After you’ve taken the pains to fill in a decent logbook (see last post), you can use it to give your raw scattering data much more value. Here’s an example of this for one of our temporary instruments.
The instrument used for this example is an instrument we could rent, until our new, all-singing, all-dancing instrument arrives (remember this story?). This rental is one of their vertical pinhole-collimated machines, equipped with a fixed SAXS and a WAXS detector, producing EDF files from the raw detector images. When I do multiple measurements on one sample (repeats, position-, or time-dependent measurement sets), these multiple images, initially stored as many EDF files, are collated into a single file in the universal NeXus format. One experiment, one file. By the way, this NeXus is still a “raw” file, this data has not undergone any of our corrections yet.
EDF (ESRF Data Format) files are, as the name suggests, the files of choice for the ESRF. They are mixed ASCII/Binary files, containing a header of arbitrary size, and one or more data blocks (images). If my understanding is correct, the header contains more or fewer keyword-value pairs and separated or bunched images depending on the mood of the beamline programmer. The keyword-value pairs might also not be consistent between beamlines for the same information bit, and are not (hierarchically) organized, making it hard to discover groupings and correlated parameters. It is also hard to find out in this way which parameters were ideally constant, and which were actively changed or driven during the experiment. Anyway, time for a change.
To demonstrate the power of NeXus, I’ve recorded a set of 38 frames on the two Pilatus modules with different exposure times, ranging (stepwise) from 0.1 to 3600 seconds. We can use the wonderful fabIO package from Jerome Kieffer (ESRF) and colleagues, to read in the EDF files without having to research too deeply into e.g. endianness and data types. It also helpfully extracts the header into a Python dictionary, so we can easily read the information we already have. The information we don’t have comes from the logbook from the last post. As mentioned, we have two detectors, and a whole host of instrument parameters we can also pack into the one file together with the logbook information using a simple Python script. What that resulting file contains is shown in Figure 1 (screenshot from DAWN).

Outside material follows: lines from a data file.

// A packet of one edition made one of the other, in place: byte 20 of each Symbol Update changes, and nothing else. And so a recording, piece by piece, with its bad packets kept bad.
#![tactic(auto)]

ghost use Rattle.std.specs.Prelude.{◌≡◌, ◌≤◌, Ok, Err};
ghost use Rattle.facts.specs.Limits.{packet_most};
ghost use Rattle.wire.specs.Records.{bad};
ghost use Rattle.fields.specs.Fields.{refusal};
ghost use Rattle.packet.specs.Packet.{framing};
ghost use Rattle.packet.specs.declared.Why.{Why};
ghost use Rattle.retype.specs.Retyped.{asked_of};
ghost use Rattle.conversion.specs.Packet.{conversion, converted, judged_first, IsPacket, Rewrites};
ghost use Rattle.conversion.specs.Piece.{passing, passed, passed_by, tally_of, plus, Countable, turned, pieced, piece_of, turned_to};

use editions::Edition;
use fields::{Fault, Refusal};
use packet::Why;
use retype::Asked;
use wire::Number;

// What became of a packet of a recording: rewritten, with so many Symbol Updates; passed on as it is, since it is refused before and after; or barred, since its own edition alone refuses it.
#[derive(Clone, Copy, Debug, PartialEq, Eq)]
pub enum Passed {
    Rewritten(usize),
    Unread,
    Barred,
}

// Symbol Updates rewritten, packets passed on unread, packets barred.
#[derive(Clone, Copy, Debug, Default, PartialEq, Eq)]
pub struct Tally {
    pub updates: usize,
    pub unread: usize,
    pub barred: usize,
}

// A packet of the edition `from` made one of the edition that is asked for, in place: in 1.3 each Symbol Update gets the type of all symbols, or that of the first exception that names it.
pub fn convert(from: Edition, a: &Asked<'_>, p: &mut [u8]) -> Result<usize, Why>
    ensures { conversion result p.new ≡ converted from (asked_of a.now) p.old }
{
    judge(a)?;
    packet::read_packet(from, p)?;
    Ok(rewrite(a, p))
}

// What is asked for, judged before anything is read: 6 for exceptions that are not whole, then 4 for a type that is none.
#[tactic(auto, unfolding(crate::specs::Packet::judged_first, facts::specs::Pick::pick))]
fn judge(a: &Asked<'_>) -> Result<(), Refusal>
    ensures { result ≡ judged_first (asked_of a.now) (λ n. Err (refusal n)) (Ok tt) }
{
    if !retype::whole_exceptions(a.others.len()) {
        return Err(Refusal { number: 6 });
    }
    if !a.types_ok() {
        return Err(Refusal { number: 4 });
    }
    Ok(())
}

// Record by record: byte 20 of each Symbol Update, in place; how many there are.
fn rewrite(a: &Asked<'_>, p: &mut [u8]) -> usize
    requires { IsPacket p.old }
    ensures { Rewrites (asked_of a.now) p.old result p.new }
{
    let mut at = 0;
    let mut updates = 0;
    while at < p.len() {
        let n = packet::head_at(p, at).len;
        if a.retype_body(&mut p[at + 10..at + 10 + n]) {
            updates += 1;
        }
        at += 10 + n;
    }
    updates
}

// A packet of a recording: rewritten; or passed on as it is, where it is refused before and after; or barred, where only its own edition refuses it.
fn pass(from: Edition, a: &Asked<'_>, p: &mut [u8]) -> Passed
    ensures { passing result p.new ≡ passed from (asked_of a.now) p.old }
{
    match packet::read_packet(from, p) {
        Ok(_) => Passed::Rewritten(rewrite(a, p)),
        Err(Why::Alone(_)) => Passed::Unread,
        Err(Why::Placed(f)) => bar(a, f, p),
    }
}

// Of a packet that its own edition refuses at f: if the edition that is asked for takes it, the byte behind f is made 0.
fn bar(a: &Asked<'_>, f: Fault, p: &mut [u8]) -> Passed
    requires { f.at ≤ packet_most }
    ensures { passing result p.new ≡ passed_by (asked_of a.now) (bad (Why.Placed f)) (framing a.now.to p.old) p.old }
{
    if packet::read_packet(a.to, p).is_err() {
        return Passed::Unread;
    }
    0u8.put(p, f.at + 1);
    Passed::Barred
}

// The whole packets at the front of a piece, each behind its length, made packets of the edition that is asked for, in place; what follows them stays as it is.
pub fn convert_piece(from: Edition, a: &Asked<'_>, b: &mut [u8]) -> Result<(usize, Tally), Refusal>
    ensures { turned result b.new ≡ turned_to from (asked_of a.now) b.old }
{
    judge(a)?;
    Ok(turn(from, a, b))
}

// Packet by packet from the front, while a whole one lies there.
fn turn(from: Edition, a: &Asked<'_>, b: &mut [u8]) -> (usize, Tally)
    ensures { turned (Ok result) b.new ≡ pieced (piece_of from (asked_of a.now) b.old) }
{
    let mut at = 0;
    let mut t = Tally::default();
    while 2 <= b.len() - at {
        let n = u16::at(b, at) as usize;
        if b.len() - at - 2 < n {
            return (at, t);
        }
        t = counted(t, pass(from, a, &mut b[at + 2..at + 2 + n]));
        at += 2 + n;
    }
    (at, t)
}

// What a packet adds to what was counted.
fn counted(t: Tally, x: Passed) -> Tally
    requires { Countable (plus t (tally_of x)) }
    ensures { result ≡ plus t (tally_of x) }
{
    match x {
        Passed::Rewritten(n) => Tally {
            updates: t.updates + n,
            ..t
        },
        Passed::Unread => Tally {
            unread: t.unread + 1,
            ..t
        },
        Passed::Barred => Tally {
            barred: t.barred + 1,
            ..t
        },
    }
}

I have expanded some of the groups so that you can appreciate the details in the structure a little better. Without knowing about SAXS in particular, the structure itself already tells you about the experiment: a sample and an instrument, itself consisting of a source, monochromator and two detectors (the collimation is not in here yet). For each of the detectors, I have information on the specifics such as its exact position and orientation, sizes, beam positions, calibration methods, as well as the data it collected. If I would happen to lose my logbook, or move this file to the Himalayas, I still have all information I need to interpret this file, and a structure to understand what was done. NeXus provides a universal structure and set of keywords that are so flexible that I can describe an entire experiment in one of these files, and one that anyone else can understand too.
Of note is the size of the data blocks: 1 by 38 frames of 487-by-195 images each. Imagine, for example, that you want to map your sample by measuring in different spots in x and y, collecting such image stacks for each spot. In that case, the format allows you to store this in a five-dimensional image array: x-by-y-by-time-by-image. The count_time and position arrays would then match the x-by-y-by-time format, and programs as DAWN can understand this and plot this in a nice graphic.
In summary, we can produce these very nice, detailed datafiles in practice, simultaneously exploiting the electronic logbook. These experiment files contain the data necessary to do the corrections, and are very suitable for archiving as they describe the entire experiment set-up, configuration, and variables through their structure. Now that we have gained some experience with this, we will be able to set this up quickly for the new instrument when it arrives (which should be running in time for Christmas/Saturnalia!).